James reimagined his game to stay on top, but nowadays, I am more impressed by how its basic essence, its raison d’être, has remained the same. He never stopped imposing his will on creating games, giving rise to a style so ubiquitous that its impact on the NBA goes almost unnoticed. When James combined his supernatural intelligence as a game creator with diligent study, he remade the league.

I watched Game 7 of the 2010 finals again a few days ago and realized two things: Kobe really shot a lot of double teams, but the offensive layout did not present any easy way out. And man, we thought very differently about basketball just a decade ago.

When LeBron used to switch to snipers open to potential winners, he triggered DEFCON 1 protocols on sports programs across America, hosts begging him to score, to enforce his will, questioning his murderous instinct, his own masculinity – all because he didn’t saw things that no one else did.

Now, we see it in its own way. James is far from the only reason the game is spaced out, but good attacks now simplify decision making for the stars. The choices of Luka Doncic and James Harden with the ball in their hands are an evolution of LeBron’s style. The modern attack is built on its image of supercomputing.

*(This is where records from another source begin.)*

// The squares of 128 windows, from what the window gains at each place: few enough that the sum of the raised windows stays within a word.
ghost use Rattle.std.specs.Prelude.{◌≡◌, ℕ, ◌+◌, ◌*◌, ◌^◌, ◌≤◌, ◌<◌, nat_abs, ◌+ℤ◌};
ghost use Rattle.laws.specs.Sums.{sum, sum_ℤ, square};
ghost use Rattle.laws.specs.Lists.{at};
ghost use Rattle.laws.proofs.Parts.{plus, minus};
ghost use Rattle.wide.specs.Wide.{halves, wide_sum};

use crate::squares;
use wide::Wide;

// How many windows a block has.
pub(crate) const BLOCK: usize = 128;
// What raises a window, for each second difference in it: 2^42.
const RISE: u64 = 4398046511104;

// The last window of a block, and the sum of the squares of all.
#[derive(Clone, Copy)]
pub(crate) struct Block {
    pub window: i64,
    pub squares: Wide,
}

// The 128 windows after one, each raised by m * 2^42 so that none is below nought.
pub(crate) fn windows(gains: &[i64; BLOCK], m: u64, window: i64) -> Block
    requires { (m ≤ 10922) × ((k : ℕ) → k ≤ 128 → nat_abs (window +ℤ sum_ℤ k (at gains.now)) ≤ m * 2 ^ 42) }
    ensures { (result.window ≡ window +ℤ sum_ℤ 128 (at gains.now)) × (result.squares ≡ halves (sum 128 (λ k. square (window +ℤ sum_ℤ (k + 1) (at gains.now))))) }
{
    let rise = m * RISE;
    let mut high = moved_by(rise, window);
    let mut total = Wide { hi: 0, lo: 0 };
    let mut raised: u64 = 0;
    for gain in gains {
        high = moved_by(high, *gain);
        total = with_square(total, high);
        raised += high;
    }
    Block {
        window: high as i64 - rise as i64,
        squares: squares::lowered(total, raised, m, BLOCK as u64),
    }
}

// A raised number moved by a signed one, which takes it nowhere below nought.
fn moved_by(high: u64, gain: i64) -> u64
    requires { (high + nat_abs gain < 2 ^ 63) × (minus gain ≤ high) }
    ensures { result + minus gain ≡ high + plus gain }
{
    (high as i64 + gain) as u64
}

// A sum with the square of a word more, modulo 2^128.
fn with_square(total: Wide, u: u64) -> Wide
    ensures { result ≡ wide_sum total (halves (u * u)) }
{
    wide::sum(total, wide::product(u, u))
}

My para-relationship with James became awkward when I started covering the NBA.

In 2018, when I was covering the Toronto Raptors playoff streak, Pacers-Cavaliers game 5 was in its final stretch after the Raptors defeated the Wizards. To sum up the story: James hit the winner and I screamed and shivered in my seat in the middle of a press conference. I tried not to look anyone in the eye for another five minutes.

So James came to Toronto. I will never forget the first time I asked him a question, or my boyfriend at the time shouting “no, no”, while James dribbled calmly across the court and hit a strange and floating shot at the end of the series on the wing’s OG Anunoby, destroying the Raptors completely and indifferently. The Raptors did not, as James once said, have an adverse situation. You could feel it in your stride.

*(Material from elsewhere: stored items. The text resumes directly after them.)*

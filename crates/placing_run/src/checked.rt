// A request that has passed the checks, by columns and rows: the flow names the primary axis.
ghost use Rattle.std.specs.Prelude.{◌≡◌, length, None};
ghost use Rattle.theory_walk.specs.Request.{checked, outcome, answers_left, rows_left, columns_left};
ghost use Rattle.placing_request.specs.Flows.{flow_number};
ghost use Rattle.placing_request.specs.Items.{request_of};
ghost use Rattle.placing_run.specs.Placing.{placing_of};

use crate::run::place_items;
use grid_track_counts::TrackCounts;
use placing_laying::Run;
use placing_request::Items;
use placing_request::flow::Flow;
use refusals::Refusal;

// The final counts.
#[derive(Clone, Copy)]
pub struct Placed {
    pub columns: TrackCounts,
    pub rows: TrackCounts,
}

// Only the answer places of the items are lent on, so that no place past them can be touched.
pub fn place_checked(
    flow: Flow,
    columns: TrackCounts,
    rows: TrackCounts,
    items: &[i16],
    answers: &mut [i16],
    row_list: &mut [i16],
    column_list: &mut [i16],
) -> Result<Placed, Refusal>
    requires { checked (request_of (flow_number flow) columns rows items.now (length answers.old) (length column_list.old) (length row_list.old)) ≡ None }
    ensures value { result ≡ placing_of (outcome (request_of (flow_number flow) columns rows items.now (length answers.old) (length column_list.old) (length row_list.old))) }
    ensures answers_after { answers.new ≡ answers_left (request_of (flow_number flow) columns rows items.now (length answers.old) (length column_list.old) (length row_list.old)) answers.old (outcome (request_of (flow_number flow) columns rows items.now (length answers.old) (length column_list.old) (length row_list.old))) }
    ensures row_list_after { row_list.new ≡ rows_left (request_of (flow_number flow) columns rows items.now (length answers.old) (length column_list.old) (length row_list.old)) row_list.old (outcome (request_of (flow_number flow) columns rows items.now (length answers.old) (length column_list.old) (length row_list.old))) }
    ensures column_list_after { column_list.new ≡ columns_left (request_of (flow_number flow) columns rows items.now (length answers.old) (length column_list.old) (length row_list.old)) column_list.old (outcome (request_of (flow_number flow) columns rows items.now (length answers.old) (length column_list.old) (length row_list.old))) }
{
    let items = Items { numbers: items };
    let answers = &mut answers[..5 * items.len()];
    let run = Run {
        columns: flow.has_columns_primary(),
        dense: flow.is_dense(),
        items,
    };
    if run.columns {
        let matrix = place_items(run, columns, rows, answers, column_list, row_list)?;
        Ok(Placed {
            columns: matrix.primary,
            rows: matrix.secondary,
        })
    } else {
        let matrix = place_items(run, rows, columns, answers, row_list, column_list)?;
        Ok(Placed {
            columns: matrix.secondary,
            rows: matrix.primary,
        })
    }
}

Imagine a clamp opening and you will see how most people react to change: one side tries to adapt to everything new while, with equal strength, the other side clings to the familiar.

The older I get, the more I get attached to watching LeBron. I tried to suppress that impulse until one day I stopped trying. I came to believe that the mere attempt to be impartial when covering sports, at least in the way I cover them, is a scam: self-deception of the highest order, and that translates to reporters who are not honest with themselves and therefore not can be honest with readers. It does little more than twist the mind in us that prevent it from thinking straight. We pursue this line of work because we love sports, we crave sports, we want – we even need – to be close to them.

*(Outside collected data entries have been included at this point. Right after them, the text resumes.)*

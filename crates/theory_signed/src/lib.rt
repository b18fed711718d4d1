// The words are in specs/Parts.antt, the laws in proofs/Laws.antt. The one function is here since a crate has at least one.
#![tactic(auto)]

pub fn nothing() {}
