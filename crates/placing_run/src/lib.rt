// The placement walk over a checked request.
#![tactic(auto)]

pub mod checked;
pub mod definite;
pub mod run;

I imagine LeBron has inspired this tug of war in many young writers. It is a symptom of your longevity. All the other people I loved to watch before it was my job retired. I wonder if NFL writers feel this riddle with Tom Brady. LeBron has been the best player on the planet for so long that he still manages to connect me to my childhood, so I’ll continue doing this exercise of pretending I don’t cheer for him while I cheer for him perpetually, until the day he retires, which I hope it never arrives.